Mexico, America’s biggest customer, quickly made alternate plans for supply when Hurricane Harvey shut down Texas refineries and ports late last month. Imports accounted for 72 percent of Mexico’s gasoline sales in July. the trading arm of Petroleos Mexicanos, PMI, booked vessels to haul fuels like gasoline and diesel from Europe, the Caribbean, Asia, Canada, with the quick route from the U.S. Gulf Coast shut off,
 
“Pemex was ahead of the game,” said Sandy Fielden, director of research and commodities for Morningstar Inc. “They’ve got a bunch of cargoes on hand.” But now, with the hurricane shutting ports, “they’re going to get hit with higher prices,” he said.
 
A magnitude 8.2 earthquake with an epicenter near its largest refinery in Salina Cruz was something that Pemex was awoken by a new nightmare on its West Coast early Friday.
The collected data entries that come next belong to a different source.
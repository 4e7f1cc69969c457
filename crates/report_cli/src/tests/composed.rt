//! A worktree that composes names.
use crate::tests::rows::A_FILE;
use crate::tests::{REPORT, USAGE, is_answered_as};
use std::alloc::Global;
use worktree_fs::{AddError, MemoryWorktree};

/// A name with a combining mark, and the same name composed.
const DECOMPOSED: &[u8] = b"/w/a\xcc\x88";

const COMPOSED: &[u8] = b"/w/\xc3\xa4";

/// Each call over names that were composed, as the word `composed` asks for it, and what it says of
/// one file.
static COMPOSED_CALLS: [(&[&[u8]], &[u8]); 4] = [
    (
        &[b"composed", b"report", b"/w", b"/s"],
        b"untracked file - always - -\t\xc3\xa4\n",
    ),
    (
        &[
            b"composed",
            b"clean",
            b"untracked",
            b"nonbare",
            b"/w",
            b"/s",
        ],
        b"\xc3\xa4\n",
    ),
    (&[b"composed", b"modules", b"/w", b"/s"], b""),
    (
        &[b"composed", b"status", b"/w", b"/s"],
        b"untracked file - always - -\t\xc3\xa4\n",
    ),
];

/// Whether each of these is answered so.
fn answers_composed_calls(alloc: Global, tree: &mut MemoryWorktree) -> bool {
    for (words, text) in COMPOSED_CALLS {
        if !is_answered_as(alloc, words, tree, (0, text, b"")) {
            return false;
        }
    }
    true
}

/// Whether names that were composed are asked for by the word `composed`, and not without it.
pub fn composes_only_with_composed_word(alloc: Global) -> Result<bool, AddError> {
    let mut tree = MemoryWorktree::new(alloc, true);
    tree.add(alloc, DECOMPOSED, A_FILE)?;
    tree.add(alloc, b"/s", A_FILE)?;
    Ok(
        answers_composed_calls(alloc, &mut tree)
            && is_answered_as(alloc, REPORT, &mut tree, (2, b"", USAGE))
            && matches!(tree.add(alloc, COMPOSED, A_FILE), Err(AddError::Exists)),
    )
}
Pemex said that the facility was forced into a temporary shutdown after the quake and was shuttered for at least 45 days after a fire in mid-June.
 
Bloomberg vessel-tracking data show that there was a diversion to the U.S. for three ships full of fuel headed to West Africa from Europe. And going to Quebec instead is one of the two that were redirected to Florida.
 
Mason Hamilton, an analyst with the U.S. Energy Information Administration said that Florida has to depend on what tankers can get into its ports as quickly as possible after the refinery and pipeline outages starved Florida of fuel just ahead of Irma.